There are things you can do, and things you can never do. What you're asking for is not that simple, and needs hard work.

1 and 2 are difficult, but achievable. First, create a static map of all type-IDs, then use the static result to choose the type.

Now 3... well... sorry to tell you it's impossible! To provide a counter-example that proves what I'm saying: You can never create a function that chooses the return type at runtime. But...

There's something you can do, which is basically what the LLVM people did to get rid of dynamic_cast, but it's too much code.

First, case a base abstract class, and make all these classes derive from it, and make it contain the ID:

struct Base{
    virtual int getClassID() = 0;
    static Base* CreateObject(int ID) //consider using shared_ptr here
        {
        switch(ID) {
        case A::ID:
            return new A;
        }            
        case B::ID:
            return new B;
        default:
            return nullptr;
        }
        //...
    }
}

struct A : public Base {
    static const int ID = 1;
    int getClassID() override {
        return ID;
    }
};

struct B : public Base {
    static const int ID = 2;
    int getClassID() override {
        return ID;
    }
};

struct C : public Base {
    static const int ID = 3;
    int getClassID() override {
        return ID;
    }
};

struct D : public Base {
    static const int ID = 4;
    int getClassID() override {
        return ID;
    }
};

Now, to instantiate a new class, you use you Base class.

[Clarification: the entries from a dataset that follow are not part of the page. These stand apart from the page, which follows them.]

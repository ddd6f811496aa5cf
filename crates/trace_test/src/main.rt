// Reads the trace texts of its data files: the number of events, or the refusal with the refused line. What must come out is in the
// file `stdout`.
#![tactic(auto)]

use program_delay::DELAY;
use std::rt::Files;

// The files 000 and on: accepted texts; then refusals 1, 2 and 3; then malformed lines, item by item; then 5, 6, 7, 8 and texts with
// several faults; from 169 on clocks.
const CASES: u8 = 181;

fn read_text<R: Print + Eprint>(rt: &R, text: &[u8]) {
    match trace_text::read_trace(text, DELAY) {
        Ok(events) => {
            program_output::field(rt, b"accepted events=", events.len as u64);
            program_output::end_line(rt);
        }
        Err(refusal) => program_output::write_refused(rt, text, b"", refusal),
    }
}

fn read_file<R: Files + Print + Eprint>(rt: &R, path: &[u8]) {
    let mut buf = [0u8; 65536];
    if let Some(n) = program_input::read_file(rt, path, &mut buf) {
        read_text(rt, &buf[..n]);
    }
}

// The file that a number names by its three digits.
fn numbered<R: Files + Print + Eprint>(rt: &R, i: u8) {
    let name = [b'0' + i / 100 % 10, b'0' + i / 10 % 10, b'0' + i % 10];
    program_output::write(rt, b"text ");
    program_output::write(rt, &name);
    program_output::end_line(rt);
    read_file(rt, &name);
}

fn main(rt: HostRuntime) {
    for i in 0..CASES {
        numbered(&rt, i);
    }
}
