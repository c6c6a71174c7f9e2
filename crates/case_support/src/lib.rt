//! What the crates of tests and the measurements share: plans of layouts whose stations have no loads.
#![tactic(auto)]

ghost use Rattle.std.specs.Prelude.{◌≡◌, ◌≤◌, All, IfOk, length};
ghost use Rattle.layout.specs.Sound.{IsSound};

use capture_file::Records;
use layout_file::{LayoutFault, read_layout};
use lists::OutOfMemory;
use load_plan::{Plan, RecordsList, make_plan};
use std::alloc::Global;

/// No records for so many stations.
pub fn no_loads(alloc: Global, stations: usize) -> Result<RecordsList, OutOfMemory>
    ensures count { IfOk result (λ loads. length loads ≡ stations) }
    ensures few { IfOk result (λ loads. All (λ rs. length rs ≤ 4000000000) loads) }
{
    let mut loads = RecordsList::new(alloc);
    for _station in 0..stations {
        loads.push(Records::new(alloc))?;
    }
    Ok(loads)
}

/// The plan of a layout file's text, or its first fault. No station has a load.
pub fn plan_of(alloc: Global, text: &str) -> Result<Plan, LayoutFault>
    ensures { IfOk result (λ plan. IsSound plan.layout) }
{
    let layout = read_layout(alloc, text.as_bytes())?;
    let loads = no_loads(alloc, layout.stations.len())?;
    Ok(make_plan(alloc, layout, loads)?)
}
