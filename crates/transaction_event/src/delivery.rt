//! An event to deliver, as a text has it.

use arrayvec::ArrayString;
use ledger_model::{Event, Key};

/// An event that a text asks to deliver. [`event_reply`](crate::event_reply) makes its reply from the
/// ledger's answer.
#[derive(Drop)]
pub struct Delivery {
    /// The id of the call, of at most 36 characters.
    pub id: ArrayString<144>,
    /// The event's key.
    pub key: Key,
    /// The event with its counted readings.
    pub event: Event,
    /// Whether the request had an `idToken`.
    pub token: bool,
}
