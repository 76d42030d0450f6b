ghost use Rattle.std.specs.Prelude.{◌≡◌, ◌↔◌, IsTrue};
ghost use Rattle.transaction_map.specs.Map.{id_cmp};

use ledger_model::TxId;
use std::cmp::Ordering;
use std::marker::Model;

/// A transaction's id, and its value.
#[derive(Drop)]
pub struct NamedValue<V> {
    id: TxId,
    value: V,
}

impl<V> Model for NamedValue<V> {
    ghost use Rattle.std.specs.Prelude.{ℕ, List};

    ghost Value = { List ℕ × V };

    ghost view = { λ r. (r.id, r.value) };
}

impl<V: Copy> NamedValue<V> {
    // The value of this transaction.
    pub(crate) fn new(id: TxId, value: V) -> Self
        ensures { result ≡ (id, value) }
    {
        NamedValue { id, value }
    }

    pub(crate) fn id(&self) -> &TxId
        ensures { result.now ≡ self.now.0 }
    {
        &self.id
    }

    pub(crate) fn value(&self) -> V
        ensures { result ≡ self.now.1 }
    {
        self.value
    }

    // Returns whether it is the row of this transaction.
    pub(crate) fn is_of(&self, id: &TxId) -> bool
        ensures { IsTrue result ↔ (self.now.0 ≡ id.now) }
    {
        self.id == *id
    }

    // Compares the id with another.
    pub(crate) fn cmp_id(&self, id: &TxId) -> Ordering
        ensures { result ≡ id_cmp self.now.0 id.now }
    {
        self.id.cmp(id)
    }

    // Changes the value.
    pub(crate) fn set(&mut self, value: V)
        ensures { self.new ≡ (self.old.0, value) }
    {
        self.value = value;
    }
}
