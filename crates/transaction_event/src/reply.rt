//! The replies to a TransactionEventRequest.
ghost use Rattle.std.{specs.Prelude.{◌≡◌, ◌≤◌, length, true}, specs.List.list_all};
ghost use Rattle.ocppj_frame.{specs.Reply.{character_count, is_letter}, specs.Ranges.longest_message_id};
ghost use Rattle.ledger_model.specs.Refusal.{refusal_name};
ghost use Rattle.transaction_event.specs.Reply as spec;

use crate::PayloadFault;
use arrayvec::ArrayString;
use ledger_model::{Answer, Refusal};
use ocppj_frame::{Body, ErrorCode, error_text, put_result};

fn fault_code(fault: PayloadFault) -> ErrorCode
    ensures { result ≡ spec.fault_code fault }
{
    match fault {
        PayloadFault::Format => ErrorCode::FormatViolation,
        PayloadFault::Missing | PayloadFault::TooManyReadings => {
            ErrorCode::OccurrenceConstraintViolation
        }
        PayloadFault::WrongType => ErrorCode::TypeConstraintViolation,
        PayloadFault::Range | PayloadFault::Decimal | PayloadFault::Moment => {
            ErrorCode::PropertyConstraintViolation
        }
        PayloadFault::OutOfMemory => ErrorCode::InternalError,
    }
}

/// The CALLERROR to a payload with a fault, without blanks; the fault's name is its description.
pub fn fault_reply(id: &str, fault: PayloadFault) -> ArrayString<512>
    requires { character_count id.now ≤ longest_message_id }
    ensures { result.bytes ≡ spec.fault_reply id.now fault }
{
    error_text(id, fault_code(fault), fault.name())
}

fn refusal_code(refusal: Refusal) -> ErrorCode
    requires { spec.refuses_delivery refusal ≡ true }
    ensures { result ≡ spec.refusal_code refusal }
{
    match refusal {
        Refusal::ConflictingEvent => ErrorCode::GenericError,
        Refusal::TooManyTransactions
        | Refusal::EventsFull
        | Refusal::ReadingsFull
        | Refusal::ChangesExhausted => ErrorCode::InternalError,
        Refusal::NoSuchEvent | Refusal::AlreadyVoided | Refusal::NotVoided => unreachable!(),
    }
}

fn name_of(refusal: Refusal) -> &'static str
    ensures name { result.now ≡ refusal_name refusal }
    ensures short { length result.now ≤ 32 }
    ensures letters { list_all is_letter result.now ≡ true }
{
    refusal.name()
}

/// The reply to an event by the answer to its delivery (OCPP 2.0.1 Part 4): a CALLRESULT if it was
/// accepted or is a repeat, with `idTokenInfo` if the request had an `idToken`; else a CALLERROR with
/// the refusal's name. The id has at most 36 characters, counted as Unicode scalar values, and the
/// answer must be one that a delivery can get.
pub fn event_reply(id: &str, token: bool, answer: &Answer) -> ArrayString<512>
    requires id { character_count id.now ≤ longest_message_id }
    requires delivery { spec.answers_delivery answer.now ≡ true }
    ensures { result.bytes ≡ spec.event_reply_bytes id.now token answer.now }
{
    let mut reply = ArrayString::new();
    put_event_reply(&mut reply, id, token, answer);
    reply
}

/// Puts the reply to an event, as [`event_reply`] gives it, into a text, in place of what was there.
pub fn put_event_reply(reply: &mut ArrayString<512>, id: &str, token: bool, answer: &Answer)
    requires id { character_count id.now ≤ longest_message_id }
    requires delivery { spec.answers_delivery answer.now ≡ true }
    ensures { reply.new.bytes ≡ spec.event_reply_bytes id.now token answer.now }
{
    if let Answer::Refused(refusal) = answer {
        *reply = error_text(id, refusal_code(*refusal), name_of(*refusal));
        return;
    }
    if token {
        put_result(reply, id, Body::TokenAccepted);
        return;
    }
    put_result(reply, id, Body::Empty);
}
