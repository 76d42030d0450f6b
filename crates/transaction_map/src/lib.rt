//! Values by transaction id, in one sorted run.
//!
//! A run has room for as many transactions as [`TransactionMap::open`] reserved; a look-up among 4,096
//! is twelve comparisons of ids. Only `open` asks the allocator.
//!
//! The crate's contract: a map is a list of ids by rising id, each with a value.
//! [`TransactionMap::get`] finds a value, [`TransactionMap::put`] writes or adds it, and
//! [`TransactionMap::remove`] takes it out; all else stays the same. After [`TransactionMap::seek`]
//! these calls find the transaction without a search.
//!
//! ```text
//! let mut map = TransactionMap::open(rt.alloc(), 4)?;
//! map.put(&tx, 7);
//! // map.get(&tx) is Some(7)
//! map.put(&tx, 8);
//! // map.remove(&tx) is Some(8), and map.len() is 0
//! ```
#![tactic(auto)]

mod map;
mod named;

pub use map::TransactionMap;
// A crate can name a map in a contract only if the types of its fields are exported.
#[doc(hidden)]
pub use named::NamedValue;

Base* c = Base::CreateObject(3); //object of C

Now, finally, you create your magic cast operator:

template <typename T>
T* MyMagicCast(Base* obj)
{
    if(obj->getClassID() ISVALID) //Then use the ID to make sure that T matches the ID
    {
        return static_cast<T*>(obj);
    }
    else
    {
        return nullptr;
    }
}

And this will do the runtime stuff for you. With this method, you have the advantage that all types operation can be done by calling the base + you're not using any RTTI. Now ONLY if you need something specific to one of the types you have (A,B,C,D), you use MyMagicCast() to cast to their type.

PS: The code is off the top of my head, so there might be slight typos/errors.